Without looking away from me, Dorothy flicked a flawlessly manicured hand at him and he shut right up. She cut him off in a bored voice. “Let me get a look at her. What is your name?”

“Amy Gumm.” My voice came out louder than I had expected. It sounded like it belonged to someone else.

I tried to inhale as shallowly as possible as she walked in a slow circle around me, the heels of her shoes clack-clack-clacking against the green marble floor.

As she examined me, I noticed out of the corner of my eye that while I’d been focused on Dorothy, two more people had entered the room.

I knew them both instantly. In one of the thrones—the larger one—sat the girl I recognized from the hologram—or whatever it was—back on the road. It was Ozma, looking dazed and vacant. Her eyes were open but no one was home. I wondered if this was really her or if she was just another illusion.

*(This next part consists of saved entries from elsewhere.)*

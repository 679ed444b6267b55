//! A live mesh whose requests carry a token of their caller: many are on their way at once, and each reply comes back
//! with the token of its request (g_bio(9), blk-mq).
//!
//! A *tag* is the number of a request that waits for its reply: the line of its command in the model, 32 bits, used
//! again once the reply was handed out. A *token* is the caller's own number of 64 bits. Contracts see a
//! [`TaggedSession`] as its live mesh, the token of each tag, and the tag of the next request (`TaggedView`).
//!
//! - [`TaggedSession::begin`]: the live mesh of a plan's header; no tag waits.
//! - [`TaggedSession::submit`]: a command is made, and nothing else. It is replied to at once, or the next tag has its
//!   token (`Submits`). After a refusal all is as before. A close that is answered ok is never refused while there is a
//!   next tag, since it needs no room for a token (`sure`).
//! - [`TaggedSession::next`]: the step that is due in the fixed order is made, and nothing else (`Nexts`): a disk is
//!   asked, a reply is handed out with the token of its tag, which has none then, the mesh moved, or its graph may have
//!   changed, with its generation then: that exactly after a step that the session counts as one of the graph. Idle
//!   exactly where no step is due.
//! - [`TaggedSession::answer`]: what a disk answers is delivered exactly where that is enabled (`Delivers`).
//! - [`TaggedSession::each_waits`]: a line is unanswered once where its tag has a token, and else not at all
//!   (`EachWaits`). So no reply is lost, and none comes twice or with another's token.
//! - [`TaggedSession::session`], [`TaggedSession::waiting`]: the live mesh, and how many tags wait.
//!
//! Tested by requests that are out at once and answered out of order (geo_tests_session). Read `src/tagged.rt`,
//! `specs/Tags.antt` and `specs/Calls.antt` first.
#![tactic(auto)]

mod calls;
mod due;
mod tagged;
mod tokens;

pub use due::Due;
pub use geo_log::DiskFacts;
pub use geo_session::{Session, SessionRefusal};
pub use tagged::TaggedSession;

At Ozma’s side stood a tall thin man dressed in a baby-blue, one-size-too-small suit. Beneath a small hat, bits of straw and yarn stuck out in every direction. His face was a skein of tightly pulled burlap with two unnervingly lifelike buttons sewn on in place of eyes. His lips were thin lines of embroidery stitched in pinkish-brown yarn underneath a painted on red triangle for a nose. His buttons were fixed right on me.

A chill shot through my body. It was the Scarecrow. Like the Tin Woodman, he had been twisted and warped into something I hardly recognized.

“Now, Amy,” Dorothy was saying. “This is very, very important—and I need you to be completely honest with me.” She casually began to amble over to the empty throne next to Ozma’s, where she sat, tossed her head, and crossed her legs.

If I hadn’t read the story, I wouldn’t believe that she had ever lived on a farm. She had shed that girl long ago and replaced it with a poised, haughty princess. Her neck stretched upward as if she were searching for the perfect light. Her voice was perky, but there was a threat lurking somewhere in there, too.

I steeled myself for whatever she was going to ask, getting the distinct impression that she would be able to see through any lie.

“What do you think of my hair?” she demanded. She ran a long red nail through one of her curls.

She had to be kidding.

“Well?” she asked.

She wasn’t kidding. My life was about to be judged by how sincerely I delivered a trivial compliment.

Luckily, I had a lot of practice with humoring popular girls. Madison Pendleton had taught me well.

“It’s so pretty,” I said sweetly. “And so shiny!” I added for good measure when she looked unconvinced.

Dorothy smiled and clapped her hands together and leaned over to Ozma with an expression of deep confidentiality. “Ozma likes my hair, too,” she said in a stage whisper. Ozma just stared straight ahead with an unchanging expression.

Feeling like I was on a roll, I decided to keep going. Maybe flattery would get me somewhere—for instance, the hell out of here. “I’ve read tons about you. I saw the movie like a million times.”

Dorothy beamed. “Really? What do you mean?”